Can we secure mass data collection as IoT networks become ubiquitous?
BT's Mike Pannell on the different ways of anonymising information and their application to IoT data
When I recently visited the national cycling centre, it was no surprise to see British athletes discussing training with their coach whilst peering into a laptop screen. Data such as heart rate, power, speed and elevation all feed into complex mathematical models. This information can be used to predict performance and highlight areas to improve.

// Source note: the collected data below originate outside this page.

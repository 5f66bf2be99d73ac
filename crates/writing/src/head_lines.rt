// Head lines, which come before the first event line: one for each entry that the head is to list, table by table.
// The words of what they give stand in front of those of the records.
use crate::area::Room;
use crate::event_lines::{Fault, Line, Phase, Step};
use format::table;
use tables::Counts;

// The most head lines. A document's tables have 2,560 entries at most.
pub const LINES: usize = 32768;

// Words that are given: a count for each table, three for each entry. The records start after them.
pub const WORDS: usize = Counts::TABLES + 3 * LINES;

fn table_of(letter: u8) -> Option<usize> {
    match letter {
        b'p' => Some(table::PREFIX),
        b'n' => Some(table::NAMESPACE_NAME),
        b'l' => Some(table::LOCAL_NAME),
        b'o' => Some(table::OTHER_NCNAME),
        b'u' => Some(table::OTHER_URI),
        b'v' => Some(table::ATTRIBUTE_VALUE),
        b'c' => Some(table::CONTENT_CHARACTER_CHUNK),
        b's' => Some(table::OTHER_STRING),
        b'E' => Some(table::ELEMENT_NAME),
        b'A' => Some(table::ATTRIBUTE_NAME),
        _ => None,
    }
}

// The word where the next entry starts; that of a line's first string or number.
pub fn word_of(entries: usize) -> usize {
    entries.saturating_mul(3).saturating_add(Counts::TABLES)
}

// After the H.
pub fn begin(line: Line) -> Step {
    if 0 < line.events {
        return Err(line.wrong(Fault::Late));
    }
    if LINES <= line.entries {
        return Err(line.wrong(Fault::Many));
    }
    Ok(line.at(Phase::Head))
}

// The space after the H, and the table's letter.
pub fn space(line: Line, b: u8) -> Step {
    if b != b' ' {
        return Err(line.wrong(Fault::Space));
    }
    Ok(line.at(Phase::Table))
}

pub fn letter(mut line: Line, b: u8) -> Step {
    let t = table_of(b).ok_or(line.wrong(Fault::Table))?;
    if t < line.table {
        return Err(line.wrong(Fault::Order));
    }
    line.table = t;
    line.heading = true;
    line.numbers = table::ELEMENT_NAME <= t;
    line.word = word_of(line.entries);
    line.left = if line.numbers { 3 } else { 1 };
    Ok(line.at(Phase::Gap))
}

// A number of a name, of one digit at least.
pub fn number(line: Line, b: u8) -> Step {
    match b {
        b'0'..=b'9' => Ok(line.at(Phase::Digits((b - b'0') as u32))),
        _ => Err(line.wrong(Fault::Number)),
    }
}

// One that passes 32 bits is beyond every table, as their highest number is.
pub fn digits(mut line: Line, n: u32, b: u8, room: &mut Room) -> Step {
    match b {
        b' ' | b'\n' => {
            room.put(line.word, n);
            line.word = line.word.saturating_add(1);
            line.gap(b, room)
        }
        b'0'..=b'9' => {
            let more = n.saturating_mul(10).saturating_add((b - b'0') as u32);
            Ok(line.at(Phase::Digits(more)))
        }
        _ => Err(line.wrong(Fault::Number)),
    }
}

// The line's end: an entry more, of its table.
pub fn end(mut line: Line, room: &mut Room) -> Line {
    if let Some(count) = room.words.get_mut(line.table) {
        *count = count.saturating_add(1);
    }
    line.entries = line.entries.saturating_add(1);
    line.heading = false;
    line.numbers = false;
    line
}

As a keen athlete, I’m accustomed to collecting data from races and training sessions. I can choose whether to share that data with companies like Garmin or Strava, and I have an idea how they use that data. Clearly, as with any other social media platform, users need to control the privacy settings otherwise running the risk of having their data misused or at worst stolen. Thieves can break into your home identifying where you live and knowing when you are away from the data you might have shared of your cycling routes.
When Strava publicised the heat maps showing where people exercise the most and from this military bases could be identified, to some this was a great publicity stunt, but it should also be a warning on the risks of collating large volumes of data.
Despite these issues, most athletes actively use these fitness devices and share their data. Generally, users are given options to express a clear personal consent to data collection and sharing by companies like Strava and Garmin.
Compare this to Internet-of-Things (IoT) networks, these are becoming popular with organisations looking to automate their business. Sensors in household bins, rivers and car parks are all some applications of IoT technology. Unlike fitness devices where I can tick a box to opt-in or opt-out to use their service, many IoT applications presume a level of consent.
Any IoT data that may be personal to an individual are still likely to be governed by the GDPR. These regulations call for informed consent specific to the application with a clear opt-out option. Any large scale IoT deployment is not going to work if everybody affected needs to consent. Instead data anonymization is seen as the answer to this problem. After all, anonymous data are thought not to be personal.
Is data anonymization good enough? That depends upon how it’s done and what safeguards are in place. There are two approaches to anonymising information - Unlinked where any sensitive data are replaced with random information, and Linked where sensitive data are replaced with a code known by somebody.
Unlinked data are fine for general statistics gathering, but Linked Anonymised Data are more useful if you want to take action on a particular event. Take the scenario of a sensor in household bins, if anonymous data is sent to the refuge company to gather statistical data then there is little sensitive information. However if a link exists to an address ID and the local authority has a list of IDs and actual addresses with householder’s identity, then together these form personal information and then a GDPR risk exists.
Therefore, all elements of a linked data-set must be equally protected and GDPR compliance requires complete control of data usage by all parties. This is a complex issue and requires careful thought on how to protect personal information and comply with GDPR regulation. The Information Commissioner’s Office has produced a comprehensive code of practice on using anonymised data.
Consider another example of a housing company who may want to use IoT sensors to monitor individual properties for damp, cold or energy consumption. If they detected a cold, damp property, then heating system may have failed or the tenant couldn’t afford to turn the heat on. Knowing this information in real-time can bring help quicker and issues could be addressed in a single visit. There are clear social benefits of identifying people at risk of health problems exacerbated by poor housing.
Knowledge of building occupancy, whether the tenant could afford to turn the heating on etc. are examples of linked personal information that would be governed by GDPR. It is not easy to gain clear and informed consent from every tenant, and regularly review it.
Will tenants accept this level of monitoring of their private lives? Will the benefits outweigh the perceived risks?
If as a society we want to benefit from sensors incorporated into all aspects of our lives, the people who collect and process this information on our behalf should be totally clear on how they protect our privacy.
We will solve this conundrum, but it’ll take time to resolve the complex technical and legal issues. There are good anonymization techniques and strong mechanisms to protect the codebook used to protect identity. These are fundamental principles of cryptography and if we apply that rigour to protecting IoT data then we will solve this problem.